How to reduce the size of a DataFrame in pandas

In this shot, we will discuss how to analyze the memory usage of your pandas DataFrame and how to reduce the size of your DataFrame.

Pandas DataFrames are usually kept in memory once they are loaded. Therefore, we will sometimes need to reduce the DataFrame size in order to load it in the memory and work with that DataFrame.

Let’s create a DataFrame and see how much memory it occupies.

import pandas as pd
drinks = pd.read_csv('http://bit.ly/drinksbycountry')
print(drinks.info(memory_usage='deep'))

Explanation

  • In line 1, we import the required package.
  • In line 3, we read the data in a DataFrame and name it drinks.
  • In line 4, we print the memory usage of our DataFrame drinks. We can see that it currently uses 30.4 KB.

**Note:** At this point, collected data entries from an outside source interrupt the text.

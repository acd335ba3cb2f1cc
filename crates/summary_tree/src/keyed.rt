//! What an item of a tree is: it has a key, and keys are in one strict order.

ghost use Rattle.std.specs.Prelude.{◌≡◌, Bool};
ghost use Rattle.summary_tree.specs.Order.{IsStrictOrder, IsExact};

/// An item of a tree. Each has a key of its own.
pub trait Keyed: Copy {
    type Key: Copy;

    ghost key: { Self → Self.Key };

    ghost comes_before: { Self.Key → Self.Key → Bool };

    ghost same: { Self.Key → Self.Key → Bool };

    /// The item of a spare node, which is in no tree.
    fn spare() -> Self;

    fn key(&self) -> Self::Key
        ensures { result ≡ key self.now };

    fn comes_before(a: Self::Key, b: Self::Key) -> bool
        ensures { result ≡ comes_before a b };

    /// The law of the order. It does nothing: a proof that needs the law has it by a call.
    fn keys_are_in_one_order()
        ensures order { IsStrictOrder comes_before }
        ensures exact { IsExact same };
}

Now, if you have a very large dataset, then you could face performance problems while loading the DataFrame, or you might not even be able to load the DataFrame due to memory issues.

We can perform two easy steps during the file reading process to reduce the DataFrame’s size.

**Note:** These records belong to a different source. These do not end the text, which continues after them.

//! Places a register among those before it.

ghost use Rattle.std.specs.Prelude.{◌≡◌, ◌<◌, List, Option, None, IfOk, OnOk, length, not};
ghost use Rattle.edn_reader.specs.Grammar.{ElementModel};
ghost use Rattle.edn_reader.specs.Lent.{piece_of, MembersLeft};
ghost use Rattle.std.specs.List.{list_any};
ghost use Rattle.intervals.specs.Operation.{same_value};
ghost use Rattle.intervals.specs.Terms.{writers_of, terms_of, IsKnownUnlessAtomic};
ghost use Rattle.tower_file.specs.Contents.{number_of};
ghost use Rattle.tower_file.specs.Reading.{each, RegisterFields as SaidBy, has_its_writers, has_its_initial, part_of, is_empty_domain, is_outside, stated_or_nil, register_among};
ghost use Rattle.tower_file.specs.Views.{kept_register, GivesOrMemory};
ghost use Rattle.tower_file.specs.Stated.{NamesLeft, IsSaid, domain_items};

use crate::element::name_of;
use crate::fault::TowerFault;
use crate::registers::{NameEntry, Registers};
use crate::said::RegisterFields;
use edn_reader::{Element, VectorView};
use intervals::{Claim, Initial, Kind, RegId, Value, Writers};
use std::alloc::Global;

/// The most registers that a tower may have.
const MOST_REGISTERS: usize = 65_536;

/// The name and the entry of the register that says this, on a level whose first register has the number `first`.
pub fn place(
    alloc: Global,
    said: RegisterFields,
    level: usize,
    first: usize,
    registers: &Registers,
) -> Result<(Vec<u8>, NameEntry), TowerFault>
    ensures placed { (form : SaidBy) → IsSaid said.entry form → GivesOrMemory kept_register result (register_among level first registers.now form) }
    ensures new { IfOk result (λ entry. number_of registers.now entry.0.items ≡ None) }
    ensures room { OnOk result (length registers.now < 65536) }
    ensures known { IfOk result (λ entry. IsKnownUnlessAtomic (terms_of entry.1.claim)) }
{
    let RegisterFields {
        name,
        kind,
        writers,
        initial,
        domain,
        parts,
        fixed,
    } = said;
    if registers.find(name).is_some() {
        return Err(TowerFault::NameTaken);
    }
    if !has_its_writers(kind, &writers) {
        return Err(TowerFault::WriterCount);
    }
    if !has_its_initial(kind, initial) {
        return Err(TowerFault::UnknownInitial);
    }
    let parts = read_parts(alloc, parts, first, registers)?;
    if is_empty(&domain) {
        return Err(TowerFault::EmptyDomain);
    }
    if is_outside(initial, &domain) {
        return Err(TowerFault::InitialOutOfDomain);
    }
    if registers.len() >= MOST_REGISTERS {
        return Err(TowerFault::TooMany);
    }
    let entry = NameEntry {
        claim: Claim {
            kind,
            writers,
            initial: initial_of(initial),
            domain,
            fixed,
        },
        level,
        parts,
    };
    Ok((Vec::from_slice(alloc, name)?, entry))
}

/// Whether a register has the writers that its kind allows: one if safe or regular, any if atomic.
fn has_its_writers(kind: Kind, writers: &Writers) -> bool
    ensures { result ≡ has_its_writers kind (writers_of writers.now) }
{
    match (kind, writers) {
        (Kind::Atomic, _) => true,
        (_, writers) => writers.is_one(),
    }
}

/// Whether a register has an initial value that its kind allows: a known one if safe or regular, any if atomic.
fn has_its_initial(kind: Kind, initial: Option<Initial>) -> bool
    ensures { result ≡ has_its_initial kind initial }
{
    match (kind, initial) {
        (Kind::Atomic, _) => true,
        (_, Some(Initial::Unknown)) => false,
        _ => true,
    }
}

fn is_empty(domain: &Option<Vec<Value>>) -> bool
    ensures { result ≡ is_empty_domain (domain_items domain.now) }
{
    match domain {
        Some(values) => values.len() == 0,
        None => false,
    }
}

/// Whether there are a known initial value and a domain, and the value is not in the domain.
fn is_outside(initial: Option<Initial>, domain: &Option<Vec<Value>>) -> bool
    ensures { result ≡ is_outside initial (domain_items domain.now) }
{
    match (initial, domain) {
        (Some(Initial::Known(value)), Some(values)) => !is_among(values.as_slice(), value),
        _ => false,
    }
}

fn is_among(values: &[Value], value: Value) -> bool
    ensures { result ≡ list_any (λ other. same_value other value) values.now }
{
    values.iter().any(|other| is_same(*other, value))
}

fn is_same(a: Value, b: Value) -> bool
    ensures { result ≡ same_value a b }
{
    a == b
}

/// The stated initial value; nil where none is stated.
fn initial_of(initial: Option<Initial>) -> Initial
    ensures { result ≡ stated_or_nil initial }
{
    match initial {
        Some(initial) => initial,
        None => Initial::Known(Value::Nil),
    }
}

fn read_parts(
    alloc: Global,
    parts: Option<VectorView>,
    first: usize,
    registers: &Registers,
) -> Result<Vec<RegId>, TowerFault>
    ensures { (members : List ElementModel) → NamesLeft parts.entry members → GivesOrMemory (λ found. found.items) result (each (part_of first registers.now) members) }
{
    match parts {
        Some(view) => parts_of(alloc, view, first, registers),
        None => Ok(Vec::new(alloc)),
    }
}

fn parts_of(
    alloc: Global,
    view: VectorView,
    first: usize,
    registers: &Registers,
) -> Result<Vec<RegId>, TowerFault>
    ensures { (members : List ElementModel) → MembersLeft view.entry members → GivesOrMemory (λ found. found.items) result (each (part_of first registers.now) members) }
{
    let mut left = view;
    let mut parts = Vec::new(alloc);
    while let Some(element) = left.next() {
        parts.push(part_of(&element, first, registers)?)?;
    }
    Ok(parts)
}

/// The register of an earlier level, with a number below `first`, that an element names.
pub fn part_of(element: &Element, first: usize, registers: &Registers) -> Result<RegId, TowerFault>
    ensures { result ≡ part_of first registers.now (piece_of element.now) }
{
    match registers.find(name_of(element)) {
        Some(number) if (number.0 as usize) < first => Ok(number),
        _ => Err(TowerFault::UnknownPart),
    }
}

The first step is to read the columns that we actually require. Let’s look at the code snippet below:

import pandas as pd
cols = ['beer_servings', 'continent']
small_drinks = pd.read_csv('http://bit.ly/drinksbycountry',
usecols = cols)
print(small_drinks.info(memory_usage='deep'))

Explanation

  • The code is almost the same. The only differences are in line 3, where we specify the column names that we are actually interested in; and in line 4, where we pass those column names as the usecols parameter.
  • In line 6, we print the memory usage of our DataFrame. Now, we can see that it uses only 13.6 KB.

Next, the second step that we can take is to convert any object columns that contain some categorical data to the category data type. This reduces the space drastically, as the category data stores only the categorical values internally, but the object data stores each value in the memory.

Let’s look at the below code snippet:

import pandas as pd
dtypes = {'continent':'category'}
cols = ['beer_servings', 'continent']
smaller_drinks = pd.read_csv('http://bit.ly/drinksbycountry',
usecols = cols,
dtype = dtypes)
print(smaller_drinks.info(memory_usage='deep'))

Explanation

  • The code is almost the same. The only difference is in line 4, where we specify that continent column is a category column and that while reading the data, pandas should read this column as category instead of object. Then, in line 7, we pass this as a parameter while reading the data.
  • In line 8, we print the memory usage of the DataFrame. We can see that it uses only 2.3 KB!